//! Reads segments of either version that come by pieces.
ghost use Rattle.std.specs.Prelude.{◌≡◌, ◌++◌, ◌∷◌, [], ◌+◌, ◌<◌, ◌≤◌, ℕ, List, length, true, false, OnOk, IfOk, IfNone, IfSome, IsOk, option_to_list, option_map};
ghost use Rattle.records.specs.Readers.{IsDrained};
ghost use Rattle.batches.specs.Batches.{contents_of};
ghost use Rattle.batches.specs.Reading.{IsReadByBatches, IsReadSingly};
ghost use Rattle.batches.specs.Readers.{HasReadSegment, batch_salt};

use crate::place::FRAME;
use ballot::Memory;
use records::{Ending, LARGEST_PAYLOAD, Reader};
use std::alloc::{Allocator, Global};
use std::marker::Model;

/// Where the version stands: in the eighth byte of a file.
const VERSION_AT: u64 = 7;

/// The version of a file of batches.
const BATCHED: u8 = 2;

/// The version that a reader of records knows.
const FIRST: [u8; 1] = [1];

/// Reads a segment of either version that comes by pieces, however it is cut. Give it a piece by `add`, then call `next` until
/// it answers `None`. After an error of `add` it must not be used.
#[derive(Drop)]
pub struct SegmentReader<A: Allocator = Global> {
    reader: Reader<A>,
    seen: u64,
    batched: bool,
}

impl<A: Allocator> Model for SegmentReader<A> {
    ghost use Rattle.batches.specs.Readers.{SegmentKept};

    ghost Value = { SegmentKept };

    ghost view = { λ r. record { reader = r.reader; seen = r.seen; batched = r.batched } };
}

impl<A: Allocator + Copy> SegmentReader<A> {
    /// A reader at the start of a file. Takes no memory.
    pub fn new(alloc: A) -> Self
        ensures read { HasReadSegment [] [] result }
        ensures drained { IsDrained result.reader }
    {
        SegmentReader {
            reader: Reader::new(alloc),
            seen: 0,
            batched: false,
        }
    }

    /// Takes a piece in which the version stands. So many bytes have come then.
    fn add_version(&mut self, seen: u64, piece: &[u8]) -> Result<(), Memory>
        requires early { self.old.seen ≤ VERSION_AT }
        requires within { VERSION_AT < seen }
        requires all { seen ≡ self.old.seen + length piece.now }
        ensures { (bytes : List ℕ) (given : List (List ℕ)) → HasReadSegment bytes given self.old → OnOk result (HasReadSegment (bytes ++ piece.now) given self.new) }
    {
        let before = (VERSION_AT - self.seen) as usize;
        let (front, rest) = piece.split_at(before);
        let (version, rest) = rest.split_at(1);
        self.seen = seen;
        if version[0] != BATCHED {
            return self.reader.add(piece);
        }
        self.batched = true;
        self.reader.add(front)?;
        self.reader.add(&FIRST)?;
        self.reader.add(rest)
    }

    /// Takes the next piece of the file. Answers `Memory` too if more than 2^64 - 1 bytes have come.
    pub fn add(&mut self, piece: &[u8]) -> Result<(), Memory>
        ensures { (bytes : List ℕ) (given : List (List ℕ)) → HasReadSegment bytes given self.old → OnOk result (HasReadSegment (bytes ++ piece.now) given self.new) }
    {
        let Some(seen) = self.seen.checked_add(piece.len() as u64) else {
            return Err(Memory);
        };
        if self.seen > VERSION_AT {
            self.seen = seen;
            return self.reader.add(piece);
        }
        if seen > VERSION_AT {
            return self.add_version(seen, piece);
        }
        self.seen = seen;
        self.reader.add(piece)
    }

    /// The payload of the next record: in a file of batches it is the content of a batch. `None` if no whole record has come that
    /// was not handed out, or a bad one has. After an error nothing has changed.
    pub fn next(&mut self) -> Result<Option<Vec<u8, A>>, Memory>
        ensures read { (bytes : List ℕ) (given : List (List ℕ)) → HasReadSegment bytes given self.old → IfOk result (λ payload. HasReadSegment bytes (given ++ option_to_list (option_map (λ v. v.items) payload)) self.new) }
        ensures version { self.new.batched ≡ self.old.batched }
        ensures drained { IfOk result (λ payload. IfNone payload (IsDrained self.new.reader)) }
        ensures idle { IsDrained self.old.reader → IsOk result }
        ensures fewer { IfOk result (λ payload. IfSome payload (λ _. length self.new.reader.bytes < length self.old.reader.bytes)) }

        // If there is none, fewer bytes are kept than the largest batch has.
        ensures small { (bytes : List ℕ) (given : List (List ℕ)) → HasReadSegment bytes given self.old → IfOk result (λ payload. IfNone payload (length self.new.reader.bytes < FRAME + LARGEST_PAYLOAD)) }
    {
        self.reader.next()
    }

    /// Whether it is a file of batches. False while its version has not come.
    pub fn is_batched(&self) -> bool
        ensures { result ≡ self.now.batched }
    {
        self.batched
    }

    /// The salt of a file of batches. `None` if it is none, or before its head has come, or once the reader knows that it is
    /// damaged.
    pub fn salt(&self) -> Option<u64>
        ensures { result ≡ batch_salt self.now }
    {
        if !self.batched {
            return None;
        }
        self.reader.salt()
    }

    /// How many bytes have come.
    pub fn seen(&self) -> u64
        ensures { result ≡ self.now.seen }
    {
        self.seen
    }

    /// How the file ends, of which no more comes.
    pub fn finish(self) -> Ending
        // What was handed out of a file of batches are the contents of these.
        ensures batches { (bytes : List ℕ) (batches : List (List (List ℕ))) → HasReadSegment bytes (contents_of batches) self → self.batched ≡ true → IsDrained self.reader → IsReadByBatches bytes batches result }
        ensures single { (bytes : List ℕ) (given : List (List ℕ)) → HasReadSegment bytes given self → self.batched ≡ false → IsDrained self.reader → IsReadSingly bytes given result }
    {
        self.reader.finish()
    }
}
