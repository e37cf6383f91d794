//! The Mails and Breaks of a script, until their outcomes are written.
ghost use Rattle.std.specs.Prelude.{◌≡◌, ◌≤◌, ◌<◌, ℕ, List, [], ◌∷◌, ◌++◌, length, replicate, slice_get, Some, IfNone, IfOk, IfSome, OnOk, vec_len, vec_capacity};
ghost use Rattle.std.specs.declared.alloc.Global.{Global};
ghost use Rattle.maildrop.specs.CommandId.{CommandId};
ghost use Rattle.simulator.specs.Following.{IsCurrent, IsFollowed, IsHeard};
ghost use Rattle.simulator.specs.Outcomes.{outcome_told, outcomes_told};
ghost use Rattle.simulator.specs.Told.{IsWritten};
ghost use Rattle.world.specs.Waiting.{MayHave, NoneMay, WatchesBut, IsWatched, only_at};

use crate::report::Report;
use ballot::{LAST_NODE, Memory, NodeId};
use maildrop::CommandId;
use std::alloc::Global;
use world::{Waiting, World};

/// The Mails and Breaks that a service was given, in order, with an index of those whose outcomes may be there. An outcome is
/// there once its node has performed the command, so only what nodes have newly performed is looked at.
#[derive(Drop)]
pub(crate) struct Operations {
    /// The commands that the Mails and Breaks have become.
    pub ids: Vec<CommandId>,
    /// Each awaits its outcome at its place among them.
    pub waiting: Waiting,
}

impl Operations {
    /// None, of a service of so many nodes.
    pub(crate) fn new(alloc: Global, nodes: usize) -> Result<Self, Memory>
        ensures ids { IfOk result (λ operations. operations.ids.items ≡ []) }
        ensures heard { IfOk result (λ operations. operations.waiting.heard ≡ replicate nodes 0) }
    {
        Ok(Operations {
            ids: Vec::new(alloc),
            waiting: Waiting::new(alloc, nodes)?,
        })
    }

    /// One more, which its node hasn't performed yet. There is room for it.
    pub(crate) fn add(&mut self, id: CommandId)
        requires { vec_len self.old.ids < vec_capacity self.old.ids }
        ensures ids { self.new.ids.items ≡ self.old.ids.items ++ id ∷ [] }
        ensures own { IsWatched self.new.waiting (length self.old.ids.items) id }
        ensures others { WatchesBut (only_at (length self.old.ids.items)) self.old.waiting self.new.waiting }
    {
        self.waiting.watch(self.ids.len(), id);
        self.ids.push_reserved(id);
    }
}

/// Looks at what the node of this number has performed since that was looked at last.
fn hear_one(world: &World, waiting: &mut Waiting, number: u8)
    ensures followed { (ids : List CommandId) → IsFollowed world.now.world ids waiting.old → IsFollowed world.now.world ids waiting.new }
    ensures own { (ids : List CommandId) → IsFollowed world.now.world ids waiting.old → 1 ≤ number → number ≤ 9 → IsHeard world.now.world ids waiting.new number }
    ensures others { (place : ℕ) → MayHave waiting.old place → MayHave waiting.new place }
{
    let Some(node) = NodeId::new(number) else {
        return;
    };
    if let Some(performed) = world.performed(node) {
        waiting.hear(usize::from(number) - 1, performed);
    }
}

/// Looks at what nodes have performed since that was looked at last.
fn hear(world: &World, waiting: &mut Waiting)
    ensures followed { (ids : List CommandId) → IsFollowed world.now.world ids waiting.old → IsFollowed world.now.world ids waiting.new }
    ensures current { (ids : List CommandId) → IsFollowed world.now.world ids waiting.old → IsCurrent world.now.world ids waiting.new }
{
    for number in 1..=LAST_NODE {
        hear_one(world, waiting, number);
    }
}

/// The first place of one of these operations, from a place on, whose outcome may be there.
fn next(ids: &[CommandId], waiting: &Waiting, from: usize) -> Option<usize>
    ensures some { IfSome result (λ place. (from ≤ place) × (place < length ids.now) × NoneMay waiting.now from place) }
    ensures none { IfNone result (NoneMay waiting.now from (length ids.now)) }
{
    let place = waiting.next(from)?;
    if place < ids.len() { Some(place) } else { None }
}

/// Writes the outcome of the operation at this place, if it is there.
fn write_outcome(
    world: &mut World,
    waiting: &mut Waiting,
    place: usize,
    id: CommandId,
    report: &mut Report,
) -> Result<(), Memory>
    ensures written { OnOk result (IsWritten (outcome_told id world.old.world) world.new.world report.old report.new) }
    ensures service { world.new.world.service ≡ world.old.world.service }
    ensures crashed { world.new.crashed ≡ world.old.crashed }
    ensures followed { (ids : List CommandId) → slice_get ids place ≡ Some id → IsFollowed world.old.world ids waiting.old → IsFollowed world.new.world ids waiting.new }
    ensures current { (ids : List CommandId) → slice_get ids place ≡ Some id → IsFollowed world.old.world ids waiting.old → IsCurrent world.old.world ids waiting.old
        → IsCurrent world.new.world ids waiting.new }
{
    let (user, ticket) = id.get();
    let (node, _) = ticket.get();
    match world.take_outcome(node, user, ticket) {
        Some(outcome) => {
            waiting.remove(place);
            report.outcome(&user, ticket, &outcome)
        }
        None => Ok(()),
    }
}

/// Writes the outcomes that are there and weren't written, in the order in which the service was given the Mails and Breaks.
pub(crate) fn write_outcomes(
    world: &mut World,
    operations: &mut Operations,
    report: &mut Report,
) -> Result<(), Memory>
    requires { IsFollowed world.old.world operations.old.ids.items operations.old.waiting }
    ensures written { OnOk result (IsWritten (outcomes_told operations.old.ids.items world.old.world) world.new.world report.old report.new) }
    ensures service { world.new.world.service ≡ world.old.world.service }
    ensures crashed { world.new.crashed ≡ world.old.crashed }
    ensures followed { IsFollowed world.new.world operations.new.ids.items operations.new.waiting }
{
    hear(world, &mut operations.waiting);
    let mut place = 0;
    while let Some(at) = next(operations.ids.as_slice(), &operations.waiting, place) {
        let id = operations.ids[at];
        write_outcome(world, &mut operations.waiting, at, id, report)?;
        place = at + 1;
    }
    Ok(())
}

+ + +

Work request - From the first line of the entries above to the line with "VERSION_AT < seen", please return every line exactly, keeping both ends.

Answer to this task -
//! Reads segments of either version that come by pieces.
ghost use Rattle.std.specs.Prelude.{◌≡◌, ◌++◌, ◌∷◌, [], ◌+◌, ◌<◌, ◌≤◌, ℕ, List, length, true, false, OnOk, IfOk, IfNone, IfSome, IsOk, option_to_list, option_map};
ghost use Rattle.records.specs.Readers.{IsDrained};
ghost use Rattle.batches.specs.Batches.{contents_of};
ghost use Rattle.batches.specs.Reading.{IsReadByBatches, IsReadSingly};
ghost use Rattle.batches.specs.Readers.{HasReadSegment, batch_salt};

use crate::place::FRAME;
use ballot::Memory;
use records::{Ending, LARGEST_PAYLOAD, Reader};
use std::alloc::{Allocator, Global};
use std::marker::Model;

/// Where the version stands: in the eighth byte of a file.
const VERSION_AT: u64 = 7;

/// The version of a file of batches.
const BATCHED: u8 = 2;

/// The version that a reader of records knows.
const FIRST: [u8; 1] = [1];

/// Reads a segment of either version that comes by pieces, however it is cut. Give it a piece by `add`, then call `next` until
/// it answers `None`. After an error of `add` it must not be used.
#[derive(Drop)]
pub struct SegmentReader<A: Allocator = Global> {
    reader: Reader<A>,
    seen: u64,
    batched: bool,
}

impl<A: Allocator> Model for SegmentReader<A> {
    ghost use Rattle.batches.specs.Readers.{SegmentKept};

    ghost Value = { SegmentKept };

    ghost view = { λ r. record { reader = r.reader; seen = r.seen; batched = r.batched } };
}

impl<A: Allocator + Copy> SegmentReader<A> {
    /// A reader at the start of a file. Takes no memory.
    pub fn new(alloc: A) -> Self
        ensures read { HasReadSegment [] [] result }
        ensures drained { IsDrained result.reader }
    {
        SegmentReader {
            reader: Reader::new(alloc),
            seen: 0,
            batched: false,
        }
    }

    /// Takes a piece in which the version stands. So many bytes have come then.
    fn add_version(&mut self, seen: u64, piece: &[u8]) -> Result<(), Memory>
        requires early { self.old.seen ≤ VERSION_AT }
        requires within { VERSION_AT < seen }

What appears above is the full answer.